» **Provided records**:

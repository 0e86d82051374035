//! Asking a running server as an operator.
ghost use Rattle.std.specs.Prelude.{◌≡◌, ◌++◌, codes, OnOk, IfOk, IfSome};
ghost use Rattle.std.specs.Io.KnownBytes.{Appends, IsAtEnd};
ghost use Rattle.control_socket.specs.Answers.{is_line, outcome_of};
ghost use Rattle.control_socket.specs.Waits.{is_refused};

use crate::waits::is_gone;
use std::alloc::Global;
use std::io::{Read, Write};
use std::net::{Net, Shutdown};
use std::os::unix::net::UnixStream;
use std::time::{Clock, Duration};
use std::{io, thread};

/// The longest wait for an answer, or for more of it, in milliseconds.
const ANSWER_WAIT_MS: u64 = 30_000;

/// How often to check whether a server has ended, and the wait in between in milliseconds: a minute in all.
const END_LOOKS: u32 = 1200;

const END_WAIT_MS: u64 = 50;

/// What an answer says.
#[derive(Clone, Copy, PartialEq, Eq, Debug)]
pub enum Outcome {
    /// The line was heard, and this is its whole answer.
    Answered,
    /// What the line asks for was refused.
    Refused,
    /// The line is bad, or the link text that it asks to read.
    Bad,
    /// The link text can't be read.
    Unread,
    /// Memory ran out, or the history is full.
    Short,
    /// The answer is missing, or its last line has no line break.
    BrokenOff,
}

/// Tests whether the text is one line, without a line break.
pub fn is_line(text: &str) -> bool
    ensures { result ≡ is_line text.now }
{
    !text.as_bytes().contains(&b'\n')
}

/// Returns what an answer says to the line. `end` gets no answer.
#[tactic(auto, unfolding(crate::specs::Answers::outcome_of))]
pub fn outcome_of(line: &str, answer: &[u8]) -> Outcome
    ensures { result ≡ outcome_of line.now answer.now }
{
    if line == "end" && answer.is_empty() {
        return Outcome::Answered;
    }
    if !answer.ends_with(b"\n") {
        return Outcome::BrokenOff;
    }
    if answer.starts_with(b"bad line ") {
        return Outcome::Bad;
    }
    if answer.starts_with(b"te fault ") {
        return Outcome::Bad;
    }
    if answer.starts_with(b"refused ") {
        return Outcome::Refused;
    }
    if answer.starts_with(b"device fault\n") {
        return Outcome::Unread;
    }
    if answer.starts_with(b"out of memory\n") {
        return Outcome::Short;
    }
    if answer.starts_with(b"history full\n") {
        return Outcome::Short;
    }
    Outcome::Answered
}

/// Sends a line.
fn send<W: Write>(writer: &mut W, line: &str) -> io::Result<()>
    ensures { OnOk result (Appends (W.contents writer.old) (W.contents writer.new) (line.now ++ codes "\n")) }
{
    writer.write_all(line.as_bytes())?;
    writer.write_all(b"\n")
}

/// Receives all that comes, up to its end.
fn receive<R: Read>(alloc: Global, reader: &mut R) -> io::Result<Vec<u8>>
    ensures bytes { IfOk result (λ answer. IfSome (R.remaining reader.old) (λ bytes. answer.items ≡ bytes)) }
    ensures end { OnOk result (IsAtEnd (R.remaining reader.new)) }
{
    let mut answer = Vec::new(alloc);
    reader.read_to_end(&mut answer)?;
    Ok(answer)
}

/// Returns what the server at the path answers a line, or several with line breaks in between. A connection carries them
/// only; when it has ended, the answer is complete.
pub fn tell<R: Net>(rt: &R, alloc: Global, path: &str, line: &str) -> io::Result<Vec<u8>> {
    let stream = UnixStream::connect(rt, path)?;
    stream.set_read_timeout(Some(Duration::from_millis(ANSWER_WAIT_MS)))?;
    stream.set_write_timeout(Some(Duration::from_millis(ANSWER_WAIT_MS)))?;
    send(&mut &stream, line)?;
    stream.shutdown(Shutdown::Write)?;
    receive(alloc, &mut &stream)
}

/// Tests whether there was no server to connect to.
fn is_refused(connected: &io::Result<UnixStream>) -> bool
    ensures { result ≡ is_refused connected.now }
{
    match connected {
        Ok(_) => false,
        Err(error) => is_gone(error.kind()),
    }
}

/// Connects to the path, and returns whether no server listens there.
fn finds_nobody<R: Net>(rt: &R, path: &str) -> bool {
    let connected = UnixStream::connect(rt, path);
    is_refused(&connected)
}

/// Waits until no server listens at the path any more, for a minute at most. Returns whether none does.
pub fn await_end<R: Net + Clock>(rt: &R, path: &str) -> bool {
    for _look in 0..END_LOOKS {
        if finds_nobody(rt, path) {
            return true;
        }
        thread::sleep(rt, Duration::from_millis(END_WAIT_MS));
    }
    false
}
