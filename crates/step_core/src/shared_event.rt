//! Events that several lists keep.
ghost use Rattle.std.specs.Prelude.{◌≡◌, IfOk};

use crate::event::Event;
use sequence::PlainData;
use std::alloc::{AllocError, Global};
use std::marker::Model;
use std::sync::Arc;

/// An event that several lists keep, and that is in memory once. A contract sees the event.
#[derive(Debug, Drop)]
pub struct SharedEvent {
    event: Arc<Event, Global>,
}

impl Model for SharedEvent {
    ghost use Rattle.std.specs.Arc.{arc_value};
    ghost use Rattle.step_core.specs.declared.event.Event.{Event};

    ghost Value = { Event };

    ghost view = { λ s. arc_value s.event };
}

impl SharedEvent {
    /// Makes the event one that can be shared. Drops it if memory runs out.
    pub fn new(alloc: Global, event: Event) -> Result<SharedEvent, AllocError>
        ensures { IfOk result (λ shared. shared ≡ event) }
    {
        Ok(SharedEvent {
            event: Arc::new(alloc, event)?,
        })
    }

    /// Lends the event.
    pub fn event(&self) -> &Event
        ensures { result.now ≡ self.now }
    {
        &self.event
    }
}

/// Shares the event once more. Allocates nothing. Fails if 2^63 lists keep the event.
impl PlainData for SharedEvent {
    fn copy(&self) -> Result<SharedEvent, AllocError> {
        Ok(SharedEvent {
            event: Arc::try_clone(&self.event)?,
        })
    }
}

» **Required action**:
Write out the whole listing exactly.

» **Solution to this exercise**:
repository 0e86d82051374035
//! Asking a running server as an operator.
ghost use Rattle.std.specs.Prelude.{◌≡◌, ◌++◌, codes, OnOk, IfOk, IfSome};
ghost use Rattle.std.specs.Io.KnownBytes.{Appends, IsAtEnd};
ghost use Rattle.control_socket.specs.Answers.{is_line, outcome_of};
ghost use Rattle.control_socket.specs.Waits.{is_refused};

use crate::waits::is_gone;
use std::alloc::Global;
use std::io::{Read, Write};
use std::net::{Net, Shutdown};
use std::os::unix::net::UnixStream;
use std::time::{Clock, Duration};
use std::{io, thread};

/// The longest wait for an answer, or for more of it, in milliseconds.
const ANSWER_WAIT_MS: u64 = 30_000;

/// How often to check whether a server has ended, and the wait in between in milliseconds: a minute in all.
const END_LOOKS: u32 = 1200;

const END_WAIT_MS: u64 = 50;

/// What an answer says.
#[derive(Clone, Copy, PartialEq, Eq, Debug)]
pub enum Outcome {
    /// The line was heard, and this is its whole answer.
    Answered,
    /// What the line asks for was refused.
    Refused,
    /// The line is bad, or the link text that it asks to read.
    Bad,
    /// The link text can't be read.
    Unread,
    /// Memory ran out, or the history is full.
    Short,
    /// The answer is missing, or its last line has no line break.
    BrokenOff,
}

/// Tests whether the text is one line, without a line break.
pub fn is_line(text: &str) -> bool
    ensures { result ≡ is_line text.now }
{
    !text.as_bytes().contains(&b'\n')
}

/// Returns what an answer says to the line. `end` gets no answer.
#[tactic(auto, unfolding(crate::specs::Answers::outcome_of))]
pub fn outcome_of(line: &str, answer: &[u8]) -> Outcome
    ensures { result ≡ outcome_of line.now answer.now }
{
    if line == "end" && answer.is_empty() {
        return Outcome::Answered;
    }
    if !answer.ends_with(b"\n") {
        return Outcome::BrokenOff;
    }
    if answer.starts_with(b"bad line ") {
        return Outcome::Bad;
    }
    if answer.starts_with(b"te fault ") {
        return Outcome::Bad;
    }
    if answer.starts_with(b"refused ") {
        return Outcome::Refused;
    }
    if answer.starts_with(b"device fault\n") {
        return Outcome::Unread;
    }
    if answer.starts_with(b"out of memory\n") {
        return Outcome::Short;
    }
    if answer.starts_with(b"history full\n") {
        return Outcome::Short;
    }
    Outcome::Answered
}

/// Sends a line.
fn send<W: Write>(writer: &mut W, line: &str) -> io::Result<()>
    ensures { OnOk result (Appends (W.contents writer.old) (W.contents writer.new) (line.now ++ codes "\n")) }
{
    writer.write_all(line.as_bytes())?;
    writer.write_all(b"\n")
}

/// Receives all that comes, up to its end.
fn receive<R: Read>(alloc: Global, reader: &mut R) -> io::Result<Vec<u8>>
    ensures bytes { IfOk result (λ answer. IfSome (R.remaining reader.old) (λ bytes. answer.items ≡ bytes)) }
    ensures end { OnOk result (IsAtEnd (R.remaining reader.new)) }
{
    let mut answer = Vec::new(alloc);
    reader.read_to_end(&mut answer)?;
    Ok(answer)
}

/// Returns what the server at the path answers a line, or several with line breaks in between. A connection carries them
/// only; when it has ended, the answer is complete.
pub fn tell<R: Net>(rt: &R, alloc: Global, path: &str, line: &str) -> io::Result<Vec<u8>> {
    let stream = UnixStream::connect(rt, path)?;
    stream.set_read_timeout(Some(Duration::from_millis(ANSWER_WAIT_MS)))?;
    stream.set_write_timeout(Some(Duration::from_millis(ANSWER_WAIT_MS)))?;
    send(&mut &stream, line)?;
    stream.shutdown(Shutdown::Write)?;
    receive(alloc, &mut &stream)
}

/// Tests whether there was no server to connect to.
fn is_refused(connected: &io::Result<UnixStream>) -> bool
    ensures { result ≡ is_refused connected.now }
{
    match connected {
        Ok(_) => false,
        Err(error) => is_gone(error.kind()),
    }
}

/// Connects to the path, and returns whether no server listens there.
fn finds_nobody<R: Net>(rt: &R, path: &str) -> bool {
    let connected = UnixStream::connect(rt, path);
    is_refused(&connected)
}

/// Waits until no server listens at the path any more, for a minute at most. Returns whether none does.
pub fn await_end<R: Net + Clock>(rt: &R, path: &str) -> bool {
    for _look in 0..END_LOOKS {
        if finds_nobody(rt, path) {
            return true;
        }
        thread::sleep(rt, Duration::from_millis(END_WAIT_MS));
    }
    false
}
filename crates/step_core/src/shared_event.rt
//! Events that several lists keep.
ghost use Rattle.std.specs.Prelude.{◌≡◌, IfOk};

use crate::event::Event;
use sequence::PlainData;
use std::alloc::{AllocError, Global};
use std::marker::Model;
use std::sync::Arc;

/// An event that several lists keep, and that is in memory once. A contract sees the event.
#[derive(Debug, Drop)]
pub struct SharedEvent {
    event: Arc<Event, Global>,
}

impl Model for SharedEvent {
    ghost use Rattle.std.specs.Arc.{arc_value};
    ghost use Rattle.step_core.specs.declared.event.Event.{Event};

    ghost Value = { Event };

    ghost view = { λ s. arc_value s.event };
}

impl SharedEvent {
    /// Makes the event one that can be shared. Drops it if memory runs out.
    pub fn new(alloc: Global, event: Event) -> Result<SharedEvent, AllocError>
        ensures { IfOk result (λ shared. shared ≡ event) }
    {
        Ok(SharedEvent {
            event: Arc::new(alloc, event)?,
        })
    }

    /// Lends the event.
    pub fn event(&self) -> &Event
        ensures { result.now ≡ self.now }
    {
        &self.event
    }
}

/// Shares the event once more. Allocates nothing. Fails if 2^63 lists keep the event.
impl PlainData for SharedEvent {
    fn copy(&self) -> Result<SharedEvent, AllocError> {
        Ok(SharedEvent {
            event: Arc::try_clone(&self.event)?,
        })
    }
}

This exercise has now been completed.